Whether you’re new to Washington state or you’ve lived here your entire life, you’re probably well aware that Puget Sound is a place like no other. Stretching a full 100 miles from Deception Pass south to Olympia, the sound is a beautiful, lively body of water that offers residents nearly limitless experiences, from hiking and boating to birding, whale watching, and whitewater rafting.
With countless state parks, beachfronts, islands, and intriguing coves, it should be no surprise that Puget Sound is also home to some incredible camping spots. So pack up the kids this summer or fall, and start exploring these perfect camping spots for families.
Blake Island Marine State Park
This expansive marine park covers more than 1,100 acres and has five miles of saltwater beach shoreline. Blake Island is only reachable by ferry or private boat, which adds to the secluded, peaceful feeling of the park. Campers love the hike-and-bike trails, gorgeous mountain and city views, quiet beaches, and unforgettable experiences offered at the Tillicum Excursion—which is also great for kids.
Camano Island State Park
Near the far north end of Puget Sound, Camano Island offers fantastic camping and recreation opportunities just outside of bustling Seattle. The 244-acre camping park includes 6,700 feet of picturesque rocky shoreline, as well as a beach. Camano Island has a little for everyone: hiking trails, fishing and boating, sailboarding, bird watching, crabbing, and more. The views of the sound, as well as the Olympic Mountains, can’t be missed. During the summer, park officials host different family-friendly interpretive programs that rotate throughout the months. You can find details on current programs at the entrance to the campground.
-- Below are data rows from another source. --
ghost use Rattle.plan_rules.specs.Cells.{Fits};

use fixtures::{MADE, Resource, instance};
use heur_setup_walks::walked_setups;
use lot_model::Instance;
use plan_rules::{Grid, Planned};
use std::alloc::Global;
use std::process::Abort;
use work_clock::Deadline;

// A setup for each item and period of an instance.
fn all_setups(rt: &impl Abort, alloc: Global, instance: &Instance) -> Grid
    ensures { Fits instance.now result }
{
    Grid::filled(alloc, instance.items(), instance.periods(), 1).expect(rt, "memory")
}

// What a plan costs, and 0 where there is none.
fn cost_of(found: &Option<Planned>) -> u128 {
    match found {
        Some(made) => made.cost,
        None => 0,
    }
}

// What a walk over setups finds that begins with all of them.
fn cost_of_walk(rt: &impl Abort, alloc: Global, instance: &Instance) -> u128 {
    let all = all_setups(rt, alloc, instance);
    let found = walked_setups(alloc, instance, &all, 1, 50, Deadline::none()).expect(rt, "memory");
    cost_of(&found)
}

// Two setups cost 20. One setup costs 10, and 8 units are held.
#[test]
fn a_walk_by_programs_in_fixed_point_leaves_a_setup_out(rt: HostRuntime) {
    let alloc = rt.alloc();
    let machine = Resource {
        name: "m",
        capacity: &[20],
    };
    let instance = instance(alloc, 2, &[machine], &[MADE]).expect(&rt, "an instance");
    assert_eq!(rt; cost_of_walk(&rt, alloc, &instance), 18);
}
Fort Flagler Historical State Park
For campers who love history, Fort Flagler is a must-see. The 1,451-acre state park is surrounded on three sides by saltwater shoreline, providing incredible views of the sound. Visitors can tour Fort Flagler, which was an important coastal defense site built in the 1890s to guard the entrance to Puget Sound. The military museum includes guided tours of the fort’s gun emplacements and other facilities, including a circa 1905 military hospital. The park also offers five miles of hike-and-bike trails and incredible water sports opportunities.
Hope Island Marine State Park
If seclusion is what you’re after, set aside a weekend to explore this quiet island, which is only reachable by boat. The secluded campsite has just four tent spaces, so get there early to claim your spot. Then enjoy the well-maintained trails, 1.5 miles of peaceful beaches, and stunning views of Mt. Rainier. But be sure to plan ahead: The campsites are fairly basic, and depending on when you visit, fires may not be allowed.
Penrose Point State Park
Toward the south end of Puget Sound, Penrose Point offers campers an ideal mix of forest and water. The 165-acre park includes more than two miles of tranquil shoreline, hiking and mountain biking trails, horseshoe pits, and more. A special self-guided trail called A Touch of Nature was built by Eagle Scouts in the ’80s, and Junior Ranger Program events are held there on Saturday mornings during the summers. The park is located close to Mayo Cove and Carr Inlet, which are popular spots for boating and water skiing. Penrose Point has more than 80 campsites, all of which are tucked into the trees for shade and privacy. To top it all off, each site has its own picnic table and fire pit with a grill.
As you set out to explore these and other camping areas in Puget Sound, we know you’re in for a treat. Parks like these are some of the best perks of living in Washington, and we should all be making the most of them.